[[ RECORDS FOR THIS TASK, beginning ]]

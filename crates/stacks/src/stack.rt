// States are wanted from the last back, and a state cannot be undone. So a stack of earlier states is
// kept in the work buffer, and a state is made again from the nearest one before it; the fewer places
// are left, the fewer states are kept on the way. The last `spare` states before the wanted one need not be
// kept, where they can be made at once with it. That `held` has room stands in three contracts by hand: a
// type that knew it would hold the slice, which is lent on at each call, or its length beside it, and that
// would be one more fact to say.
ghost use Rattle.std.specs.Prelude.{◌≡◌, ◌⊎◌, ◌+◌, ◌-◌, ◌*◌, ◌≤◌, ◌<◌, MatchOption, length};
ghost use Rattle.plans.specs.Plans.{state_size, keys_size, half_of, half_with};
ghost use Rattle.stacks.specs.Doors.{linked_at_once, places_in};
ghost use Rattle.stacks.specs.Stacks.{StackFits, RunOn, Pushed, Fetched, last_mark};

use crate::taken::advance;
use plans::Followed;
use states::Stretch;

// Where the stack begins in the work buffer, for how many states it has room, and how many it has.
#[derive(Clone, Copy)]
pub struct Stack {
    pub base: usize,
    pub places: usize,
    pub depth: usize,
}

// How many states of this size find room, up to the 64 that there are marks for; none, where states have no size.
#[tactic(auto, unfolding(crate::specs::Doors::places_in))]
pub fn places_in(room: usize, size: usize) -> usize
    ensures { result ≡ places_in room size }
{
    if size == 0 { 0 } else { (room / size).min(64) }
}

// Where the state t of a stack begins, counted from 0, if the stack begins at `base`.
pub(crate) fn place_of(followed: Followed, base: usize, t: usize) -> usize
    requires { (t ≤ 64) × (base < 16777216) }
    ensures { result ≡ base + t * state_size followed.plan }
{
    base + t * followed.state_size()
}

// How many states on the next one is kept, on the way to one `far` states on, with this many places
// left. With b = C(places + t - 1, places), the greatest binomial coefficient of these that is not above
// `far`, every state is made at most t + 1 times (Griewank and Walther's schedule) where b states are left
// out here and no more than the same of t - 1 and of one place less remain after them. Any number from 1
// to `far` would do; this one is the best.
fn stride(places: usize, far: usize) -> usize
    requires { (1 ≤ places) × (places ≤ 65) × (1 ≤ far) × (far ≤ 1024) }
    ensures { (1 ≤ result) × (result ≤ far) }
{
    let mut last = 0;
    let mut c = 1;
    for t in 1..1024 {
        let more = c * (places + t) / t;
        if more > far {
            return c.min(far + 1 - (c - last));
        }
        last = c;
        c = more;
    }
    c
}

// The same where the last `spare` states need not be kept, which is like a place more. After the last place
// no more than these may remain.
fn stride_with(places: usize, far: usize, spare: usize) -> usize
    requires { (1 ≤ places) × (places ≤ 64) × (1 ≤ far) × (far ≤ 1024) × (spare ≤ 1024) }
    ensures { (1 ≤ result) × (result ≤ far) × (places ≡ 1 → far ≤ result + spare) }
{
    match (places, spare) {
        (1, 0) => far,
        (_, 0) => stride(places, far),
        (1, _) => stride(2, far).max(far.saturating_sub(spare)),
        _ => stride(places + 1, far),
    }
}

// How many states are made with the next one that is kept on the way to `want`; `None` where none is to be
// kept.
fn next_mark(places: usize, made: usize, want: usize, spare: usize) -> Option<usize>
    requires { (places ≤ 64) × (made ≤ want) × (want ≤ 1024) × (spare ≤ 1024) × (places ≡ 0 → want ≤ made + spare) }
    ensures { MatchOption result (want ≤ made + spare) (λ next. (made < next) × (next ≤ want) × (1 ≤ places) × (places ≡ 1 → want ≤ next + spare)) }
{
    if made == want || places == 0 {
        return None;
    }
    let next = made + stride_with(places, want - made, spare);
    if next < want || made + spare < want {
        Some(next)
    } else {
        None
    }
}

// The states later than `want` are dropped; so is the last one of a full stack that is too early, to make
// room for another.
#[tactic(auto, using(crate::proofs::StackLaws::last_none, crate::proofs::StackLaws::last_of))]
fn drop_later(marks: &[usize], places: usize, depth: usize, want: usize, spare: usize) -> usize
    requires { (1 ≤ places) × (depth ≤ places) × (depth ≤ length marks.now) × (spare ≤ 1024) }
    ensures { (result ≤ depth) × (last_mark marks.now result ≤ want) × (result ≡ places → want ≤ last_mark marks.now result + spare) }
{
    for d in (1..=depth).rev() {
        let last = marks[d - 1];
        if last <= want && (d < places || want - last <= spare) {
            return d;
        }
    }
    0
}

// How many states are made with the last one of the stack; none where the stack is empty, or deeper than it
// has marks.
#[tactic(auto, using(crate::proofs::StackLaws::last_none, crate::proofs::StackLaws::last_of))]
pub fn last_mark(marks: &[usize], depth: usize) -> usize
    ensures { result ≡ last_mark marks.now depth }
{
    if depth == 0 {
        0
    } else {
        marks.get(depth - 1).copied().unwrap_or(0)
    }
}

// How many states are made at once with so many held numbers, up to six: more bring nothing, since the held
// rows no longer lie near the processor. States that are not linked have nothing in common.
pub(crate) fn at_once(followed: Followed, held: usize) -> usize
    requires { half_of followed.plan + half_of followed.plan ≤ held }
    ensures value { result ≡ linked_at_once followed.plan held }
    ensures lower_bound { (1 ≤ result) × (result ≤ 6) × (half_with followed.plan (result - 1) + half_with followed.plan (result - 1) ≤ held) }
{
    if followed.plan.linked {
        (held / 2 / followed.block_size() - 1).min(6)
    } else {
        1
    }
}

// The states from number `first` below `past`, as many at once as can be, the first of them from the one at
// `from`, the others in the place of the one before; the last of them stays at `to`.
fn run_on(
    work: &mut [u16],
    held: &mut [u16],
    followed: Followed,
    first: usize,
    past: usize,
    from: usize,
    to: usize,
)
    requires first_lt_past { (first < past) × (past ≤ 1024) × (keys_size followed.plan ≤ from) × (to + state_size followed.plan ≤ length work.old) }
    requires fact { (from ≡ to) ⊎ (from + state_size followed.plan ≤ to) }
    requires plan_in_bounds { (half_of followed.plan + half_of followed.plan ≤ length held.old) × (length held.old ≤ 40000) }
    ensures run_on { RunOn followed.plan first past work.old work.new from to }
    ensures held_len_unchanged { length held.new ≡ length held.old }
{
    let count = at_once(followed, held.len());
    let mut before = from;
    for e in (first..past).step_by(count) {
        let next = Stretch {
            first: e,
            past: past.min(e + count),
        };
        advance(work, held, followed, next, before, to);
        before = to;
    }
}

// Where the last state of the stack begins; where the stack does, if it is empty.
pub(crate) fn top_of(followed: Followed, stack: Stack) -> usize
    requires { (stack.depth ≤ 64) × (stack.base < 16777216) }
    ensures { result ≡ stack.base + (stack.depth - 1) * state_size followed.plan }
{
    place_of(followed, stack.base, stack.depth.saturating_sub(1))
}

// One state more on the stack, the one of number `past` less one.
fn push(
    work: &mut [u16],
    marks: &mut [usize],
    held: &mut [u16],
    followed: Followed,
    stack: Stack,
    past: usize,
)
    requires stack_fits { (StackFits followed.plan stack (length work.old) (length marks.old)) × (stack.depth < stack.places) × (past ≤ 1024) }
    requires depth_bound { last_mark marks.old stack.depth < past }
    requires plan_in_bounds { (half_of followed.plan + half_of followed.plan ≤ length held.old) × (length held.old ≤ 40000) }
    ensures pushed { Pushed followed.plan stack.base stack.depth past work.old marks.old work.new marks.new }
    ensures depth_after { last_mark marks.new (stack.depth + 1) ≡ past }
    ensures held_len_unchanged { length held.new ≡ length held.old }
{
    let first = last_mark(marks, stack.depth);
    let to = place_of(followed, stack.base, stack.depth);
    let from = top_of(followed, stack);
    run_on(work, held, followed, first, past, from, to);
    marks[stack.depth] = past;
}

// A stack with which so many states are made as are wanted, or up to `spare` fewer.
pub(crate) fn fetch(
    work: &mut [u16],
    marks: &mut [usize],
    held: &mut [u16],
    followed: Followed,
    stack: Stack,
    want: usize,
    spare: usize,
) -> Stack
    requires stack_fits { (StackFits followed.plan stack (length work.old) (length marks.old)) × (want ≤ 1024) × (spare ≤ 1024) }
    requires plan_in_bounds { (half_of followed.plan + half_of followed.plan ≤ length held.old) × (length held.old ≤ 40000) }
    ensures base_value { (result.base ≡ stack.base) × (result.places ≡ stack.places) × (result.depth ≤ stack.places) }
    ensures fetched { Fetched followed.plan stack result.depth want spare work.old marks.old work.new marks.new }
    ensures held_len_unchanged { length held.new ≡ length held.old }
{
    let places = stack.places;
    let mut depth = drop_later(marks, places, stack.depth, want, spare);
    let mut made = last_mark(marks, depth);
    while let Some(next) = next_mark(places - depth, made, want, spare) {
        push(work, marks, held, followed, Stack { depth, ..stack }, next);
        depth += 1;
        made = next;
    }
    Stack { depth, ..stack }
}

[[ RECORDS FOR THIS TASK, end ]]

### PROBLEM DESCRIPTION:
Copy out each line of the material above, word for word, from the first down to the line containing "one need not be". Add nothing.

### RESPONSE TO THE EXERCISE:
filename crates/stacks/src/stack.rt
// States are wanted from the last back, and a state cannot be undone. So a stack of earlier states is
// kept in the work buffer, and a state is made again from the nearest one before it; the fewer places
// are left, the fewer states are kept on the way. The last `spare` states before the wanted one need not be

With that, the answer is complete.